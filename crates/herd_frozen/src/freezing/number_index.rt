//! An index of rows by number: each rank stands in the bucket of its number's hash.
ghost use Rattle.std.specs.Prelude.{◌≡◌, ◌<◌, ◌≤◌, ℕ, Some, IfNone, IfOk, IfSome, length, slice_get};
ghost use Rattle.herd_animal.specs.Pieces.{piece};
ghost use Rattle.herd_frozen.specs.freezing.Frozen.{numbers_of};
ghost use Rattle.herd_frozen.specs.freezing.NumberIndex.{IsIndexOf, bucket_of, hash_of, mixed};
ghost use Rattle.herd_frozen.specs.declared.TheConstants.{MOST_ANIMALS};

use crate::freezing::rows::Rows;
use herd_animal::AnimalNumber;
use std::alloc::{AllocError, Allocator};

// By which a hash is multiplied: the odd number next to 2^64 divided by the golden ratio.
const MULTIPLIER: u64 = 0x9e37_79b9_7f4a_7c15;

/// The ranks of rows by the buckets of their numbers, which are followed from the last rank to the first.
#[derive(Drop)]
pub struct NumberIndex<A: Allocator> {
    // One more than the last rank of each bucket, 0 where it has none.
    pub(crate) lasts: Vec<u32, A>,
    // By rank one more than the rank before it in its bucket, 0 where there is none.
    pub(crate) earlier: Vec<u32, A>,
}

impl<A: Allocator + Clone> NumberIndex<A> {
    /// The index of the rows. There is a bucket for each row, and one more.
    pub fn of<B: Allocator>(alloc: A, rows: &Rows<B>) -> Result<NumberIndex<A>, AllocError>
        requires { length rows.now ≤ MOST_ANIMALS }
        ensures { IfOk result (IsIndexOf rows.now) }
    {
        let mut lasts = vec![in alloc.clone()?; 0u32; rows.len() + 1]?;
        let mut earlier = Vec::with_capacity(alloc, rows.len())?;
        for rank in 0..rows.len() as u32 {
            let bucket = bucket_of(rows.number(rank), lasts.len());
            earlier.push_reserved(lasts[bucket]);
            lasts[bucket] = rank + 1;
        }
        Ok(NumberIndex { lasts, earlier })
    }
}

impl<A: Allocator> NumberIndex<A> {
    /// The rank of a number among the rows that were indexed.
    pub fn rank<B: Allocator>(&self, rows: &Rows<B>, number: &AnimalNumber) -> Option<u32>
        requires few { length rows.now ≤ MOST_ANIMALS }
        requires index { IsIndexOf rows.now self.now }
        ensures found { IfSome result (λ rank. slice_get (numbers_of rows.now) rank ≡ Some number.now) }
        ensures absent { IfNone result ((rank : ℕ) → slice_get (numbers_of rows.now) rank ≡ Some number.now → ⊥) }
    {
        let mut after = self.lasts[bucket_of(number, self.lasts.len())];
        while after > 0 {
            let rank = after - 1;
            if *rows.number(rank) == *number {
                return Some(rank);
            }
            after = self.earlier[rank as usize];
        }
        None
    }
}

// The bucket of a number: as far among the buckets as its hash is among all hashes, which takes no division.
fn bucket_of(number: &AnimalNumber, buckets: usize) -> usize
    requires { 0 < buckets }
    ensures bucket { result ≡ bucket_of buckets number.now }
    ensures within { result < buckets }
{
    let hash = u128::from(hash_of(number));
    (hash * buckets as u128 / (1 << 64)) as usize
}

// The hash of a number: its first eight characters, the next eight and the last eight, mixed one after the other.
// Eight characters are read at once, which takes a fraction of what a hasher of bytes does.
fn hash_of(number: &AnimalNumber) -> u64
    ensures { result ≡ hash_of number.now }
{
    let text = number.bytes();
    let first = mixed(0, piece(&text, 0));
    let both = mixed(first, piece(&text, 8));
    mixed(both, piece(&text, 11))
}

// A hash with one more piece.
fn mixed(hash: u64, piece: u64) -> u64
    ensures { result ≡ mixed hash piece }
{
    hash.wrapping_add(piece).wrapping_mul(MULTIPLIER)
}

// Eight characters from a place on, as one number.
fn piece(text: &[u8; 19], place: usize) -> u64
    requires { place ≤ 11 }
    ensures { result ≡ piece place text.now }
{
    let mut eight = [0; 8];
    eight.copy_from_slice(&text[place..place + 8]);
    u64::from_le_bytes(eight)
}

◆ PROBLEM ◆
Every line from the top of the material above through the line holding "let mut lasts" should be reproduced word for word, and nothing beyond it.

◆ OUTPUT FOR THIS TASK ◆
filename crates/herd_frozen/src/freezing/number_index.rt
//! An index of rows by number: each rank stands in the bucket of its number's hash.
ghost use Rattle.std.specs.Prelude.{◌≡◌, ◌<◌, ◌≤◌, ℕ, Some, IfNone, IfOk, IfSome, length, slice_get};
ghost use Rattle.herd_animal.specs.Pieces.{piece};
ghost use Rattle.herd_frozen.specs.freezing.Frozen.{numbers_of};
ghost use Rattle.herd_frozen.specs.freezing.NumberIndex.{IsIndexOf, bucket_of, hash_of, mixed};
ghost use Rattle.herd_frozen.specs.declared.TheConstants.{MOST_ANIMALS};

use crate::freezing::rows::Rows;
use herd_animal::AnimalNumber;
use std::alloc::{AllocError, Allocator};

// By which a hash is multiplied: the odd number next to 2^64 divided by the golden ratio.
const MULTIPLIER: u64 = 0x9e37_79b9_7f4a_7c15;

/// The ranks of rows by the buckets of their numbers, which are followed from the last rank to the first.
#[derive(Drop)]
pub struct NumberIndex<A: Allocator> {
    // One more than the last rank of each bucket, 0 where it has none.
    pub(crate) lasts: Vec<u32, A>,
    // By rank one more than the rank before it in its bucket, 0 where there is none.
    pub(crate) earlier: Vec<u32, A>,
}

impl<A: Allocator + Clone> NumberIndex<A> {
    /// The index of the rows. There is a bucket for each row, and one more.
    pub fn of<B: Allocator>(alloc: A, rows: &Rows<B>) -> Result<NumberIndex<A>, AllocError>
        requires { length rows.now ≤ MOST_ANIMALS }
        ensures { IfOk result (IsIndexOf rows.now) }
    {
        let mut lasts = vec![in alloc.clone()?; 0u32; rows.len() + 1]?;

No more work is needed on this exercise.